21. August 2011
Nachdem wir bereits im letzten Jahr den kniffligen Falkensteig auf den Falkert bezwungen haben, uns das Wetter aber im heurigen Jahr einen Strich durch die Rechnung machte, wollen wir den Steig heuer endgültig bezwingen.
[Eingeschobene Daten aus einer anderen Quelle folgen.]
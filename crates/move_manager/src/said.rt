//! What is said of moves that are refused.

use crate::faults::{MoveAhead, MoveFault, MoveGap};
use std::error::Error;
use std::fmt;

/// As in a report: `wide WIDTH`, `worn LIFE` or `full FIRST LAST` (docs/script.md, "The report").
impl fmt::Display for MoveFault {
    ghost use Rattle.std.specs.Prelude.{Some};
    ghost use Rattle.move_manager.specs.Said.{move_fault_text};

    ghost output = { λ fault. Some (move_fault_text fault) };

    fn fmt<W: fmt::Write>(&self, f: &mut fmt::Formatter<W>) -> fmt::Result {
        match *self {
            MoveFault::TooWide { width } => write!(f, "wide {width}"),
            MoveFault::Worn { life } => write!(f, "worn {life}"),
            MoveFault::Full { first, last } => write!(f, "full {first} {last}"),
        }
    }
}

/// As in a report: `moveahead COUNT SAMPLED` (docs/script.md, "The report").
impl fmt::Display for MoveAhead {
    ghost use Rattle.std.specs.Prelude.{Some};
    ghost use Rattle.move_manager.specs.Said.{move_ahead_text};

    ghost output = { λ fault. Some (move_ahead_text fault) };

    fn fmt<W: fmt::Write>(&self, f: &mut fmt::Formatter<W>) -> fmt::Result {
        write!(f, "moveahead {} {}", self.count, self.sampled)
    }
}

/// As in a report: `movegap FIRST ACCEPTED` (docs/script.md, "The report").
impl fmt::Display for MoveGap {
    ghost use Rattle.std.specs.Prelude.{Some};
    ghost use Rattle.move_manager.specs.Said.{move_gap_text};

    ghost output = { λ fault. Some (move_gap_text fault) };

    fn fmt<W: fmt::Write>(&self, f: &mut fmt::Formatter<W>) -> fmt::Result {
        write!(f, "movegap {} {}", self.first, self.accepted)
    }
}

impl Error for MoveFault {}

impl Error for MoveAhead {}

impl Error for MoveGap {}
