//! A player's moves on their way to the server: numbered from 0, sent until the server has them, and accepted
//! once and in order. The rules stand in docs/connection.md, "Moves".
#![tactic(auto)]

ghost use Rattle.std.specs.Prelude.{ℕ, List};
ghost use Rattle.move_manager.specs.InOrder.{Step, history, AcceptsInOrder, LeavesNoGap, TellsNoneAhead};

mod faults;
mod receiver;
mod said;
mod sender;

pub use faults::{MoveAhead, MoveFault, MoveGap};
pub use receiver::MoveReceiver;
pub use sender::MoveSender;

/// A law of the two ends over a network that repeats, loses and delays: after any steps the accepted moves are a
/// prefix of those sampled, no packet that was sent leaves a gap, and no count that was told is ahead.
pub fn moves_in_order()
    ensures prefix { (life : ℕ) (steps : List Step) → AcceptsInOrder life (history life steps) }
    ensures no_gap { (life : ℕ) (steps : List Step) → LeavesNoGap life (history life steps) }
    ensures not_ahead { (life : ℕ) (steps : List Step) → TellsNoneAhead (history life steps) }
{}
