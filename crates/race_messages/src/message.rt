//! A message to a connection.

use tn_types::{Class, Payload};

/// What the simulation tells a connection.
#[derive(Drop)]
pub enum Message {
    /// A period of the object of this number begins: with this kind and datablock, at this level of distance, with or without
    /// control.
    Show {
        object: u32,
        kind: u8,
        block: u8,
        level: u8,
        control: bool,
    },
    /// Period `n` ends.
    Hide {
        n: u32,
    },
    /// The object of period `n` is at this level of distance now.
    Near {
        n: u32,
        level: u8,
    },
    /// The server posts an event.
    Post {
        class: Class,
        payload: Payload,
    },
}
Nachdem es sehr heiß ist, starten wir erst am früheren Nachmittag in Richtung Falkertsee, müssen jedoch bald darauf erkennen, dass die Temperatur in 2.500 Metern Höhe keinen Unterschied zum hitzigen Klagenfurt aufweist.

Abb. 1: Falkertsee
Schon im Zustieg zum Klettersteig schwitzten wir, es war heiß, heiß und heiß. 30° auf 2.500 m Höhe ist einfach heiß. Dennoch erreichen wir den Einstieg und stacksen geschwind die ersten Meter und die schwierigste Schlüsselstelle, die Verschneidung, hoch.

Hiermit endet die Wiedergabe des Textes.